=== What is needed ===
The data must be returned in full, with no character altered.

=== Given records ===
*** Begin section ***

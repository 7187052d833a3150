//! What a state has beyond one that is below it.
ghost use Rattle.std.specs.Prelude.{◌≡◌, ◌++◌, IfOk, OnOk, option_map};
ghost use Rattle.alias_certificate.specs.states.Beyond.{is_there, more_value, more_values, has_site, more_site, more_sites, more_variable, more_variables, nothing_beyond, beyond_of};

use crate::{CertValue, CertVariable};
use alias_base::{IdentifierId, List};
use alias_lattice::{AbstractValue, InferenceState, Lattice, Site, SiteSet};
use std::alloc::{AllocError, Global};

/// What a state has beyond one that is below it, as lines that raise the one to the other.
#[derive(Drop)]
pub struct Beyond {
    /// The values that the other hasn't, each whole, by ascending sites.
    pub values: List<CertValue>,
    /// The sites that identifiers of the other haven't, both ascending.
    pub variables: List<CertVariable>,
}

/// Nothing. Takes no memory.
pub fn nothing_beyond(alloc: Global) -> Beyond
    ensures { result ≡ nothing_beyond }
{
    Beyond {
        values: List::new(alloc),
        variables: List::new(alloc),
    }
}

/// Whether the line's value is there already.
fn is_there(old: Option<AbstractValue>, line: &CertValue) -> bool
    ensures { result ≡ is_there old line.now.value }
{
    match old {
        Some(old) => line.value.is_below(&old),
        None => false,
    }
}

/// The value of the site, where the other state hasn't it.
pub(crate) fn push_more_value(
    more: &mut List<CertValue>,
    old: &InferenceState,
    site: Site,
    value: AbstractValue,
) -> Result<(), AllocError>
    ensures { OnOk result (more.new ≡ more.old ++ more_value old.now (site, value)) }
{
    let line = CertValue { site, value };
    if !is_there(old.value_of(site), &line) {
        more.push(line)?;
    }
    Ok(())
}

/// The values that the other state hasn't.
fn more_values(
    alloc: Global,
    state: &InferenceState,
    old: &InferenceState,
) -> Result<List<CertValue>, AllocError>
    ensures { IfOk result (λ more. more ≡ more_values old.now state.now.values) }
{
    // Does nothing: it tells the prover that this is a proper value.
    state.recall_proper();
    let mut more = List::new(alloc);
    let mut after = None;
    'values: while let Some((site, value)) = state.next_value(after) {
        push_more_value(&mut more, old, site, value)?;
        after = Some(site);
    }
    Ok(more)
}

/// Whether the site is one of the set, if there is a set.
fn has_site(alloc: Global, old: Option<&SiteSet>, site: Site) -> Result<bool, AllocError>
    ensures { IfOk result (λ there. there ≡ has_site (option_map (λ t. t.now) old.entry) site) }
{
    let Some(old) = old else {
        return Ok(false);
    };
    let mut one = SiteSet::empty(alloc);
    one.insert(site)?;
    Ok(one.is_below(old))
}

/// The site, where the other set hasn't it.
fn push_more_site(
    alloc: Global,
    more: &mut List<Site>,
    old: Option<&SiteSet>,
    site: Site,
) -> Result<(), AllocError>
    ensures { OnOk result (more.new ≡ more.old ++ more_site (option_map (λ t. t.now) old.entry) (site, tt)) }
{
    if !has_site(alloc, old, site)? {
        more.push(site)?;
    }
    Ok(())
}

/// The sites that the other set hasn't.
fn more_sites(
    alloc: Global,
    sites: &SiteSet,
    old: Option<&SiteSet>,
) -> Result<List<Site>, AllocError>
    ensures { IfOk result (λ more. more ≡ more_sites (option_map (λ t. t.now) old.entry) sites.now) }
{
    // Does nothing: it tells the prover that this is a proper value.
    sites.recall_proper();
    let mut more = List::new(alloc);
    let mut after = None;
    'sites: while let Some(site) = sites.next_site(after) {
        push_more_site(alloc, &mut more, old, site)?;
        after = Some(site);
    }
    Ok(more)
}

/// The sites of the identifier that it hasn't in the other state, where there are any.
pub(crate) fn push_more_variable(
    alloc: Global,
    more: &mut List<CertVariable>,
    old: &InferenceState,
    identifier: IdentifierId,
    sites: &SiteSet,
) -> Result<(), AllocError>
    ensures { OnOk result (more.new ≡ more.old ++ more_variable old.now (identifier, sites.now)) }
{
    let sites = more_sites(alloc, sites, old.values_for(identifier))?;
    if !sites.as_slice().is_empty() {
        more.push(CertVariable { identifier, sites })?;
    }
    Ok(())
}

/// The sites that the other state's identifiers haven't.
fn more_variables(
    alloc: Global,
    state: &InferenceState,
    old: &InferenceState,
) -> Result<List<CertVariable>, AllocError>
    ensures { IfOk result (λ more. more ≡ more_variables old.now state.now.variables) }
{
    // Does nothing: it tells the prover that this is a proper value.
    state.recall_proper();
    let mut more = List::new(alloc);
    let mut after = None;
    'variables: while let Some((identifier, sites)) = state.next_variable(after) {
        push_more_variable(alloc, &mut more, old, identifier, sites)?;
        after = Some(identifier);
    }
    Ok(more)
}

/// What the state has beyond the old one, which is below it. The one error is out of memory.
pub fn beyond_of(
    alloc: Global,
    state: &InferenceState,
    old: &InferenceState,
) -> Result<Beyond, AllocError>
    ensures { IfOk result (λ more. more ≡ beyond_of state.now old.now) }
{
    Ok(Beyond {
        values: more_values(alloc, state, old)?,
        variables: more_variables(alloc, state, old)?,
    })
}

*** End section ***

=== Written answer ===
repository 7187052d833a3150
//! What a state has beyond one that is below it.
ghost use Rattle.std.specs.Prelude.{◌≡◌, ◌++◌, IfOk, OnOk, option_map};
ghost use Rattle.alias_certificate.specs.states.Beyond.{is_there, more_value, more_values, has_site, more_site, more_sites, more_variable, more_variables, nothing_beyond, beyond_of};

use crate::{CertValue, CertVariable};
use alias_base::{IdentifierId, List};
use alias_lattice::{AbstractValue, InferenceState, Lattice, Site, SiteSet};
use std::alloc::{AllocError, Global};

/// What a state has beyond one that is below it, as lines that raise the one to the other.
#[derive(Drop)]
pub struct Beyond {
    /// The values that the other hasn't, each whole, by ascending sites.
    pub values: List<CertValue>,
    /// The sites that identifiers of the other haven't, both ascending.
    pub variables: List<CertVariable>,
}

/// Nothing. Takes no memory.
pub fn nothing_beyond(alloc: Global) -> Beyond
    ensures { result ≡ nothing_beyond }
{
    Beyond {
        values: List::new(alloc),
        variables: List::new(alloc),
    }
}

/// Whether the line's value is there already.
fn is_there(old: Option<AbstractValue>, line: &CertValue) -> bool
    ensures { result ≡ is_there old line.now.value }
{
    match old {
        Some(old) => line.value.is_below(&old),
        None => false,
    }
}

/// The value of the site, where the other state hasn't it.
pub(crate) fn push_more_value(
    more: &mut List<CertValue>,
    old: &InferenceState,
    site: Site,
    value: AbstractValue,
) -> Result<(), AllocError>
    ensures { OnOk result (more.new ≡ more.old ++ more_value old.now (site, value)) }
{
    let line = CertValue { site, value };
    if !is_there(old.value_of(site), &line) {
        more.push(line)?;
    }
    Ok(())
}

/// The values that the other state hasn't.
fn more_values(
    alloc: Global,
    state: &InferenceState,
    old: &InferenceState,
) -> Result<List<CertValue>, AllocError>
    ensures { IfOk result (λ more. more ≡ more_values old.now state.now.values) }
{
    // Does nothing: it tells the prover that this is a proper value.
    state.recall_proper();
    let mut more = List::new(alloc);
    let mut after = None;
    'values: while let Some((site, value)) = state.next_value(after) {
        push_more_value(&mut more, old, site, value)?;
        after = Some(site);
    }
    Ok(more)
}

/// Whether the site is one of the set, if there is a set.
fn has_site(alloc: Global, old: Option<&SiteSet>, site: Site) -> Result<bool, AllocError>
    ensures { IfOk result (λ there. there ≡ has_site (option_map (λ t. t.now) old.entry) site) }
{
    let Some(old) = old else {
        return Ok(false);
    };
    let mut one = SiteSet::empty(alloc);
    one.insert(site)?;
    Ok(one.is_below(old))
}

/// The site, where the other set hasn't it.
fn push_more_site(
    alloc: Global,
    more: &mut List<Site>,
    old: Option<&SiteSet>,
    site: Site,
) -> Result<(), AllocError>
    ensures { OnOk result (more.new ≡ more.old ++ more_site (option_map (λ t. t.now) old.entry) (site, tt)) }
{
    if !has_site(alloc, old, site)? {
        more.push(site)?;
    }
    Ok(())
}

/// The sites that the other set hasn't.
fn more_sites(
    alloc: Global,
    sites: &SiteSet,
    old: Option<&SiteSet>,
) -> Result<List<Site>, AllocError>
    ensures { IfOk result (λ more. more ≡ more_sites (option_map (λ t. t.now) old.entry) sites.now) }
{
    // Does nothing: it tells the prover that this is a proper value.
    sites.recall_proper();
    let mut more = List::new(alloc);
    let mut after = None;
    'sites: while let Some(site) = sites.next_site(after) {
        push_more_site(alloc, &mut more, old, site)?;
        after = Some(site);
    }
    Ok(more)
}

/// The sites of the identifier that it hasn't in the other state, where there are any.
pub(crate) fn push_more_variable(
    alloc: Global,
    more: &mut List<CertVariable>,
    old: &InferenceState,
    identifier: IdentifierId,
    sites: &SiteSet,
) -> Result<(), AllocError>
    ensures { OnOk result (more.new ≡ more.old ++ more_variable old.now (identifier, sites.now)) }
{
    let sites = more_sites(alloc, sites, old.values_for(identifier))?;
    if !sites.as_slice().is_empty() {
        more.push(CertVariable { identifier, sites })?;
    }
    Ok(())
}

/// The sites that the other state's identifiers haven't.
fn more_variables(
    alloc: Global,
    state: &InferenceState,
    old: &InferenceState,
) -> Result<List<CertVariable>, AllocError>
    ensures { IfOk result (λ more. more ≡ more_variables old.now state.now.variables) }
{
    // Does nothing: it tells the prover that this is a proper value.
    state.recall_proper();
    let mut more = List::new(alloc);
    let mut after = None;
    'variables: while let Some((identifier, sites)) = state.next_variable(after) {
        push_more_variable(alloc, &mut more, old, identifier, sites)?;
        after = Some(identifier);
    }
    Ok(more)
}

/// What the state has beyond the old one, which is below it. The one error is out of memory.
pub fn beyond_of(
    alloc: Global,
    state: &InferenceState,
    old: &InferenceState,
) -> Result<Beyond, AllocError>
    ensures { IfOk result (λ more. more ≡ beyond_of state.now old.now) }
{
    Ok(Beyond {
        values: more_values(alloc, state, old)?,
        variables: more_variables(alloc, state, old)?,
    })
}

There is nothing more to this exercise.